Write out the lines from the top of the material through the line with "pub fn one_reading()", exactly and with nothing added.

#####

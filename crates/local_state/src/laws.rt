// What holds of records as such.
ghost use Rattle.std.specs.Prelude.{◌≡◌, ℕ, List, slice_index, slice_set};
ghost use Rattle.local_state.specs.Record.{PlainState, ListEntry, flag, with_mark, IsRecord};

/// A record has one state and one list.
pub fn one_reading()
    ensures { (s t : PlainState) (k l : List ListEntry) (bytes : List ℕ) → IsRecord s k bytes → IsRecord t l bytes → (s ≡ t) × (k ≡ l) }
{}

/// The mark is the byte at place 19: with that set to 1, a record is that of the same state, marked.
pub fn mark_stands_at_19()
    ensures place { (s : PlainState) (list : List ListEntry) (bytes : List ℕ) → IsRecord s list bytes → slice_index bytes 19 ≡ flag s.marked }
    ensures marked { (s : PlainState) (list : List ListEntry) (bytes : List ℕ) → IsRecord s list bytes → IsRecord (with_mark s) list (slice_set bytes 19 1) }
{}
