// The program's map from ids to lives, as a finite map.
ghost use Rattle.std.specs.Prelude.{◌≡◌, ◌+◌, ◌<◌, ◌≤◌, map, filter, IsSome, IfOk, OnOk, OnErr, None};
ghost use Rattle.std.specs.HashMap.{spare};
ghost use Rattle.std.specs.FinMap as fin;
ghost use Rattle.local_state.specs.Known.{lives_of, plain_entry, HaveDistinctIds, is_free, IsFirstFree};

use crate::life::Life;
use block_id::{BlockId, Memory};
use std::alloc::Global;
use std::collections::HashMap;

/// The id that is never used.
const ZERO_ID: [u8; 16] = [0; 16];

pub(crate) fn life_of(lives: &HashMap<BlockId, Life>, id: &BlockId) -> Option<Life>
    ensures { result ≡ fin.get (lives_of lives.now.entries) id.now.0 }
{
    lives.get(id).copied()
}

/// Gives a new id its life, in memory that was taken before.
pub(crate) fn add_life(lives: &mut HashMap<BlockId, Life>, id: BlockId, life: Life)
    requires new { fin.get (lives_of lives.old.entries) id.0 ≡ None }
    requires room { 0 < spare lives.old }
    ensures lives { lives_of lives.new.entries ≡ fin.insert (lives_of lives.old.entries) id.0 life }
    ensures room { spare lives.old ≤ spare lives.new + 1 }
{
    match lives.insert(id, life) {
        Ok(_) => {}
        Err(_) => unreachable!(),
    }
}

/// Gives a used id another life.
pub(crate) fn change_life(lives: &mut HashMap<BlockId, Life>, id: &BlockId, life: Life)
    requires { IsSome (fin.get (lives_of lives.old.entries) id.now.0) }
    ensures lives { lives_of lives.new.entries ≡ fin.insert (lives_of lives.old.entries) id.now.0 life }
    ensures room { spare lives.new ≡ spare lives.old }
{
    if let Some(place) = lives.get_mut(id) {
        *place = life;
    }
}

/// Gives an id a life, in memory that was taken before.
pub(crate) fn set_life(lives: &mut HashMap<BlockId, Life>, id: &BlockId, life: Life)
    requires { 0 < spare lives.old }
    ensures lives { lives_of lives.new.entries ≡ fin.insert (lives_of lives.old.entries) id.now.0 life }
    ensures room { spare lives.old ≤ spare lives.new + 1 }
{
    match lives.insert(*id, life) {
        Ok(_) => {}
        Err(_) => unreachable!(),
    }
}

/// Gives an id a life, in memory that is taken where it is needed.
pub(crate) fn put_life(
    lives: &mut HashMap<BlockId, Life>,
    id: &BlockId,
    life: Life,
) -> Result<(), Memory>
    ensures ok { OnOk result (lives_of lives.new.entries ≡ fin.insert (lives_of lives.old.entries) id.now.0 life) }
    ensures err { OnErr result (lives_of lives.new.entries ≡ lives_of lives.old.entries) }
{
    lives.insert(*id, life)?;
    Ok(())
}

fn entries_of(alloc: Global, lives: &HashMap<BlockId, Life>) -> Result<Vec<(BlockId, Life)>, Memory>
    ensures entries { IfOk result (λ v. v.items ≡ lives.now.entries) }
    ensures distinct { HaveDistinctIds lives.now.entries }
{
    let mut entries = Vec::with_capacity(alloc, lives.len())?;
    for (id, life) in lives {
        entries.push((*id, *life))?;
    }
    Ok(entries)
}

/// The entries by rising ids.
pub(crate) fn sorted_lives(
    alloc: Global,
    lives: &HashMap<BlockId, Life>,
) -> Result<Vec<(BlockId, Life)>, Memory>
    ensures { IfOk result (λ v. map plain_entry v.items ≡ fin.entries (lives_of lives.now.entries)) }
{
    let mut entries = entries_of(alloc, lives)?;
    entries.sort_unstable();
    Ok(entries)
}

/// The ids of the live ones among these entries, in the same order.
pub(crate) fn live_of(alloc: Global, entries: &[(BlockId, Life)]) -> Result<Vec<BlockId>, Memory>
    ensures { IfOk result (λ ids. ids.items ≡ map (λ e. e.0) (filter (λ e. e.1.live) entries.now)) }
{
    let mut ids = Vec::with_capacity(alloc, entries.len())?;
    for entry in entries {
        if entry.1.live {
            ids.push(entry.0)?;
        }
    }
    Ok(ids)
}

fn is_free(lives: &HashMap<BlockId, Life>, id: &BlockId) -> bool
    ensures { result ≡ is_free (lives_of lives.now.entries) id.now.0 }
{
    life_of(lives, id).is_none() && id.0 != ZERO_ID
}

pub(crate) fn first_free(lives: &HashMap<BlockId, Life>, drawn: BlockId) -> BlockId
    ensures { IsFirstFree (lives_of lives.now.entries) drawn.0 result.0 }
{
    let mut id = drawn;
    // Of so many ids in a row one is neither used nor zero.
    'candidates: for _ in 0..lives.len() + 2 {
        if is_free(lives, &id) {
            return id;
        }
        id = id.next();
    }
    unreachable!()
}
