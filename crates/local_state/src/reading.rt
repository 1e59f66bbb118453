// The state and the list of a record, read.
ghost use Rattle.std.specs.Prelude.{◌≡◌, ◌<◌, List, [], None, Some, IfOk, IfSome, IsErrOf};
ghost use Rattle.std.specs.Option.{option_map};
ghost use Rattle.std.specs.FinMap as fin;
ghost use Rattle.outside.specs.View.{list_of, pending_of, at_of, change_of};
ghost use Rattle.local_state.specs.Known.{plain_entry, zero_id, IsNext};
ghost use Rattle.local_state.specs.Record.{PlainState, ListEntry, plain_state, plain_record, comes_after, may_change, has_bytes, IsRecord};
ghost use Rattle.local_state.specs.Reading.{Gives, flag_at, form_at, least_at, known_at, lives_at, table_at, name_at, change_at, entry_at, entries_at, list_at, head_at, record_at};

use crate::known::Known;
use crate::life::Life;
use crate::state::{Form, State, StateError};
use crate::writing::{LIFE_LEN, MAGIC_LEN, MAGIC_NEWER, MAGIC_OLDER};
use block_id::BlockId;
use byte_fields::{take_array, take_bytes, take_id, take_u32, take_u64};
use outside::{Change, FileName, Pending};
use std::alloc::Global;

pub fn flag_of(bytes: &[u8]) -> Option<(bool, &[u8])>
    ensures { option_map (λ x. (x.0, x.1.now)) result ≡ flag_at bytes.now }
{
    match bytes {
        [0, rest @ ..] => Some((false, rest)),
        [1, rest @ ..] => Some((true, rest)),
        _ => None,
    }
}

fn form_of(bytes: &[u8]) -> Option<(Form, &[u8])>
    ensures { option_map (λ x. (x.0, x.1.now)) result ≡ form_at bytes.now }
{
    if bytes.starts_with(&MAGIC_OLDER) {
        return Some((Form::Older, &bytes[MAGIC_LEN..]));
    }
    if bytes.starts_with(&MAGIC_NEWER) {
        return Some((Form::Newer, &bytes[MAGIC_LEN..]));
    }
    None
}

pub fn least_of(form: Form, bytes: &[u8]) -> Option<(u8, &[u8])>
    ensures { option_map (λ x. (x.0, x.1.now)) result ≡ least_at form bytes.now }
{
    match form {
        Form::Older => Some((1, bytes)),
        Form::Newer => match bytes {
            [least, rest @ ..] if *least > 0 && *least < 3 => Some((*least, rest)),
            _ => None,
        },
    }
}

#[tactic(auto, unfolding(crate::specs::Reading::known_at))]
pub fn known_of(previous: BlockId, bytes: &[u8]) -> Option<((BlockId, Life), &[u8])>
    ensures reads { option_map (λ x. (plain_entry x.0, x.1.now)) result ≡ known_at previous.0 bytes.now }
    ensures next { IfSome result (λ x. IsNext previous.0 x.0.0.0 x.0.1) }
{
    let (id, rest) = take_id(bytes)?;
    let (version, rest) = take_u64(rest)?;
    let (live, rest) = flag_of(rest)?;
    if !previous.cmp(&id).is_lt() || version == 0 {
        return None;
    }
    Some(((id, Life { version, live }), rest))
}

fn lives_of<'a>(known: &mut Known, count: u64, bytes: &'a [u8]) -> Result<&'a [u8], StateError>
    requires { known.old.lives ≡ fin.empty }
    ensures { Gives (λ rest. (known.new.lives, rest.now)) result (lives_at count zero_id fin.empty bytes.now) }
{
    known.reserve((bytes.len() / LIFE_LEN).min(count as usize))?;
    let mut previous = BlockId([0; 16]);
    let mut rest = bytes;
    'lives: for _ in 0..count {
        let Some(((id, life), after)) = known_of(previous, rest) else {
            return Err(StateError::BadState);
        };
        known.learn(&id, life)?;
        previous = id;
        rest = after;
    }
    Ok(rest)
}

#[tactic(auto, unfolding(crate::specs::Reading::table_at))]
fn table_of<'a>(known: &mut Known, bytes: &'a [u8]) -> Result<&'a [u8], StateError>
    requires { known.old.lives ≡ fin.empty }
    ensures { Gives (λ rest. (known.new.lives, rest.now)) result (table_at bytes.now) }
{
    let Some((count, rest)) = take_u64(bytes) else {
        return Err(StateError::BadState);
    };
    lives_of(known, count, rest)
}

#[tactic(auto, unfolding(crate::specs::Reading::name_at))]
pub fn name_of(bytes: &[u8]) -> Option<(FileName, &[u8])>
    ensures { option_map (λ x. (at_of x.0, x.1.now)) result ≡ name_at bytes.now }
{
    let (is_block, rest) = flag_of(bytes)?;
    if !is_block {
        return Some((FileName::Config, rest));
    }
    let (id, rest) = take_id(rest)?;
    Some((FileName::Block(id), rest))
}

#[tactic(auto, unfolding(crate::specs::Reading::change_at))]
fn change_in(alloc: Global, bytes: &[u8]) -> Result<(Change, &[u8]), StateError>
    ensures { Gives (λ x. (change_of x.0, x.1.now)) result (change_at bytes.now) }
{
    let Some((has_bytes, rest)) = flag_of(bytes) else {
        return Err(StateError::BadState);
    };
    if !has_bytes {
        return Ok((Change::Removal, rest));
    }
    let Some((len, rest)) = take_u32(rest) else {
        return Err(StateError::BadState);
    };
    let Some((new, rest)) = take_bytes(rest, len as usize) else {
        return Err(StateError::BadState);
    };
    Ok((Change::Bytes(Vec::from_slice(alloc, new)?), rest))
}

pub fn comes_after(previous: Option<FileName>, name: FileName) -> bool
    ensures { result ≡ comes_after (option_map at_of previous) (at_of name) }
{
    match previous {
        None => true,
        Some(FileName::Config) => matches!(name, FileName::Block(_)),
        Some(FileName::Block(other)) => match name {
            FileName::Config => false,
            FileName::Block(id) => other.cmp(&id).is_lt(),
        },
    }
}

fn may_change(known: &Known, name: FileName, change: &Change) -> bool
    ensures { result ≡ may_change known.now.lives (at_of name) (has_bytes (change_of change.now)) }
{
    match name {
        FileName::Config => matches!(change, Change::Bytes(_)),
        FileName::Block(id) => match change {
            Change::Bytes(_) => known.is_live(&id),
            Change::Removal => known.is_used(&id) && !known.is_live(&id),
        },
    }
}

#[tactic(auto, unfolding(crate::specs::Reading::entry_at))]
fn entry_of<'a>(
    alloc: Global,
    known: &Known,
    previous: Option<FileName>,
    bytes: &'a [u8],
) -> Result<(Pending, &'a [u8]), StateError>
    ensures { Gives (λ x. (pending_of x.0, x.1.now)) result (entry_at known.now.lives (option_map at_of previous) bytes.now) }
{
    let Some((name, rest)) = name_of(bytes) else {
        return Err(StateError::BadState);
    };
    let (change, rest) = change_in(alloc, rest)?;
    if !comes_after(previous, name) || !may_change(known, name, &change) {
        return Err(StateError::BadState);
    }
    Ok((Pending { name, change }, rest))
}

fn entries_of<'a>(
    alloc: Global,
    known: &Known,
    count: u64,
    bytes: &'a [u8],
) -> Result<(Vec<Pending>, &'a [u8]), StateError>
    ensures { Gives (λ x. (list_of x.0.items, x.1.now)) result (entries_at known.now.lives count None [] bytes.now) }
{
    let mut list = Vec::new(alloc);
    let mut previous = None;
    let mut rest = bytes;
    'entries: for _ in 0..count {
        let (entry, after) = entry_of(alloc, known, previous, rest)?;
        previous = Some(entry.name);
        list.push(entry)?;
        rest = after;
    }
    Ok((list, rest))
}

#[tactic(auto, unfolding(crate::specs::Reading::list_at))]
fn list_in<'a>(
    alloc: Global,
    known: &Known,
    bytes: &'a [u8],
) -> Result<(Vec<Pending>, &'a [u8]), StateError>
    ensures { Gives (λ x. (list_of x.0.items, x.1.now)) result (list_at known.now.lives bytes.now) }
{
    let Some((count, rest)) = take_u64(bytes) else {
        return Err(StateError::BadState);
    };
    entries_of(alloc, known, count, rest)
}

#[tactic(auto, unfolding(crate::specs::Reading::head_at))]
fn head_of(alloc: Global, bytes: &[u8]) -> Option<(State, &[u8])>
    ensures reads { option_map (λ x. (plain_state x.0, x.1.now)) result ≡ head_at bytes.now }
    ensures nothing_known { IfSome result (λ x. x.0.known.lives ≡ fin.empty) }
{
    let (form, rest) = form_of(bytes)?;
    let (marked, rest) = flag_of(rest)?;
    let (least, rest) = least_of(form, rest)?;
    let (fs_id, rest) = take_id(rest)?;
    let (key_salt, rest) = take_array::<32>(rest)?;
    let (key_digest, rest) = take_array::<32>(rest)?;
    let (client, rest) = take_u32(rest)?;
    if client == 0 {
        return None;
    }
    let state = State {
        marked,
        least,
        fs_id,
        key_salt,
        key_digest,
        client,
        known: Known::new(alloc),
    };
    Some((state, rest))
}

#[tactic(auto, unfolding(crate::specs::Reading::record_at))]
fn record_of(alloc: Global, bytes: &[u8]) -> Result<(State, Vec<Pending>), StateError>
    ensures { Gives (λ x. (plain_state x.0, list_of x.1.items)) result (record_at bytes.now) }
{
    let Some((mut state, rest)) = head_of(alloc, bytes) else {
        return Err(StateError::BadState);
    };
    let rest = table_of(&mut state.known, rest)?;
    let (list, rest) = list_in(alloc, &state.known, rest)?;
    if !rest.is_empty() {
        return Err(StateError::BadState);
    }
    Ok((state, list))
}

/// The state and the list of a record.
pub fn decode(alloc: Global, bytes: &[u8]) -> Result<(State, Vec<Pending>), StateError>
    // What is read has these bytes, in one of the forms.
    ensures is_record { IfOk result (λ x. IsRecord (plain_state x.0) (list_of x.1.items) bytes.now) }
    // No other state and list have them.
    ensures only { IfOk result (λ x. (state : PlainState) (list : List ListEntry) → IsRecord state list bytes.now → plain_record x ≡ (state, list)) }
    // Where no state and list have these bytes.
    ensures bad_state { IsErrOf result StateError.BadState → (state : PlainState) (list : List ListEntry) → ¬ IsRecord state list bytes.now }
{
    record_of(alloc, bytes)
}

#####

**FINISHED TASK:**
filename crates/local_state/src/laws.rt
// What holds of records as such.
ghost use Rattle.std.specs.Prelude.{◌≡◌, ℕ, List, slice_index, slice_set};
ghost use Rattle.local_state.specs.Record.{PlainState, ListEntry, flag, with_mark, IsRecord};

/// A record has one state and one list.
pub fn one_reading()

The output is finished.